FLIM not only for biologists; Practical aspects with hands-on experience

The course focuses on explaining the principles of nano-second time-resolved fluorescence detection, on demonstration of different hardware realizations, on trying various applications of FLIM in biological imaging and on testing of several ways of FLIM data analysis. The aim is to uncover the richness of information hidden in multiparametric fluorescence imaging and to inspire the participants to use the easily obtainable extra contrast in their imaging applications. An important part is to make the FLIM data analysis understandable.The course will cover the most widespread FLIM realization – acquisition in time domain based on raster scanning combined with pulsed lasers and time-correlated single photon counting (TCSPC). Participants will hands-on three different systems, covering pulsed diode lasers, white-light laser source as well as two-photon excitation, SPAD, HyD and GaAsP NDD detectors and three different TCSPC systems and software.The demonstrated applications will include FLIM-FRET, environmental sensing and label free imaging (autofluorescence, SHG, THG, CARS).

Sample preparation and special techniques in electron microscopy

The course is designed to provide an orientation to basic and special techniques in biomedical electron microscopy in an application-oriented manner. The course will include both theoretical and practical sessions. Sample preparation under room temperature and cryo conditions will be covered, including special workflows such as immunolabeling, freeze-fracture replica, or cryo-CLEM workflow on FIB-milled lamella. Practical aspects will be explained in the lectures and prepared as a set of practical tasks for the participants. Besides basic imaging, special techniques such as (cryo)FIB-SEM, STEM tomography and EDS analysis will be demonstrated. Special emphasis will be placed on discussing how to choose the appropriate methodology for a specific scientific project.

BioImage Analysis

Course description:

TBD

Registration and more information:

Advanced Methods in Biomedical Image Analysis

The summer school is focused on the advanced methods of biomedical image analysis with emphasis on bio- (microscopy) image analysis. The main goal is to make the students familiar with the advanced state-of-the-art techniques of mathematical morphology, image segmentation, object detection and tracking, synthetic image generation, benchmarking, etc. The focus will be on the methodology suitable for multiple applications.
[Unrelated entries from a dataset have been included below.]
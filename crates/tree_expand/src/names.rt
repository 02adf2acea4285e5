//! Ids that are given to definitions of the text.

ghost use Rattle.std.specs.Prelude.{◌≡◌, ◌+◌, IfOk, OnOk, Some, None, option_map};
ghost use Rattle.comp_expanded.specs.Expansion.{first_id, with_given, given_names, the_id};
ghost use Rattle.comp_tree.specs.Model.{id_of, names_at};
ghost use Rattle.tree_expand.specs.Numbering.{is_given, given_id, id_numbered, names_given};
ghost use Rattle.tree_expand.specs.Standing.{ids_of};

use crate::key::is_shared;
use crate::position::{is_function_type, is_module_type};
use bumpalo::Bump;
use comp_model::{Row, ScopeKind};
use comp_tree::{Def, Names, no_exports, place, place_all};
use std::alloc::{AllocError, Global};
use wast_parser::{Gensym, Id, Span};

/// A new name. It is refused where the counter can count no further.
pub(crate) fn generate<'a>(gensym: &mut Gensym) -> Result<Id<'a>, AllocError>
    ensures id { IfOk result (λ id. id_of id ≡ id_numbered (gensym.old.made + 1)) }
    ensures made { OnOk result (gensym.new.made ≡ gensym.old.made + 1) }
{
    if gensym.made() == u64::MAX {
        return Err(AllocError);
    }
    Ok(gensym.generate(Span::from_offset(0)))
}

/// The id of the first part, if it has one.
pub(crate) fn first_id_of<'a>(ids: &[Option<Id<'a>>]) -> Option<Id<'a>>
    ensures { option_map id_of result ≡ first_id (ids_of ids.now) None }
{
    if ids.len() > 0 { ids[0] } else { None }
}

/// An id, or one that stands for none.
pub(crate) fn id_or_none<'a>(id: Option<Id<'a>>) -> Id<'a>
    ensures { id_of result ≡ the_id (option_map id_of id.entry) }
{
    match id {
        Some(id) => id,
        None => Id::new("", Span::from_offset(0)),
    }
}

/// The ids of a definition whose first part had none, with this one.
fn with_first<'t, 'a>(
    alloc: Global,
    bump: &'t Bump,
    ids: &[Option<Id<'a>>],
    id: Id<'a>,
) -> Result<&'t [Option<Id<'a>>], AllocError>
    requires { first_id (ids_of ids.now) None ≡ None }
    ensures { IfOk result (λ r. ids_of r.now ≡ with_given (ids_of ids.now) (Some (id_of id.entry))) }
{
    let mut given = Vec::new(alloc);
    given.push(Some(id))?;
    for i in 1..ids.len() {
        given.push(ids[i])?;
    }
    place_all(bump, &given)
}

/// Whether a definition is given an id: for its inline exports, as a function type of a module type that a signature may reuse, or as a
/// type of a scope in which types stand inline, which may be equal to it.
pub(crate) fn needs_id<'t, 'a>(
    kind: ScopeKind,
    inlines: bool,
    row: Row,
    names: &Names<'t, 'a>,
) -> bool
    ensures { result ≡ is_given kind inlines row (names_at 0 names.now) }
{
    if first_id_of(names.ids).is_some() {
        return false;
    }
    if names.exports.len() > 0 {
        return true;
    }
    if is_module_type(kind) && is_function_type(row) {
        return true;
    }
    inlines && is_shared(row)
}

/// The ids of a definition of a scope of this kind: with one more, if it needs it.
fn given_ids<'t, 'a>(
    alloc: Global,
    bump: &'t Bump,
    kind: ScopeKind,
    inlines: bool,
    def: &'t Def<'t, 'a>,
    gensym: &mut Gensym,
) -> Result<&'t [Option<Id<'a>>], AllocError>
    ensures ids { IfOk result (λ r. ids_of r.now ≡ with_given (ids_of def.now.names.now.ids.now) (given_id kind inlines def.now.node.row (names_at 0 def.now.names.now) gensym.old.made)) }
    ensures made { OnOk result (gensym.new.made ≡ gensym.old.made + names_given kind inlines def.now.node.row (names_at 0 def.now.names.now)) }
{
    if !needs_id(kind, inlines, def.node.row, def.names) {
        return Ok(def.names.ids);
    }
    let id = generate(gensym)?;
    with_first(alloc, bump, def.names.ids, id)
}

/// The names of a definition of the text in a scope of this kind: with an id, if it needs one, and without its inline exports. They are
/// shared where nothing changes.
pub(crate) fn given_names_of<'t, 'a>(
    alloc: Global,
    bump: &'t Bump,
    kind: ScopeKind,
    inlines: bool,
    def: &'t Def<'t, 'a>,
    gensym: &mut Gensym,
) -> Result<&'t Names<'t, 'a>, AllocError>
    ensures names { IfOk result (λ r. names_at def.now.span.offset r.now ≡ given_names (names_at def.now.span.offset def.now.names.now) (given_id kind inlines def.now.node.row (names_at 0 def.now.names.now) gensym.old.made)) }
    ensures made { OnOk result (gensym.new.made ≡ gensym.old.made + names_given kind inlines def.now.node.row (names_at 0 def.now.names.now)) }
{
    if def.names.exports.len() == 0 && !needs_id(kind, inlines, def.node.row, def.names) {
        return Ok(def.names);
    }
    let ids = given_ids(alloc, bump, kind, inlines, def, gensym)?;
    place(
        bump,
        Names {
            ids,
            labels: def.names.labels,
            exports: no_exports(),
        },
    )
}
Special attention will be paid to machine learning approaches. Target groups are Master and Ph.D. students of computer science, mathematics or engineering backgrounds specialized in signal and image processing. Students are supposed to know the basics of signal and image processing, machine learning and have some programming experience in this field.

The main activities of the course will be theoretical lectures supplemented by practical examples run on students’ computers.

Advanced methods of high-resolution SEM

The course is focused on theoretical explanation and practical demonstration of advanced methods of HR SEM, such as FIB-SEM, SBF SEM, micro-array tomography, low-voltage STEM and cryo application in biology. The program will also include specimen preparation, basics of 3D reconstruction, and data interpretation.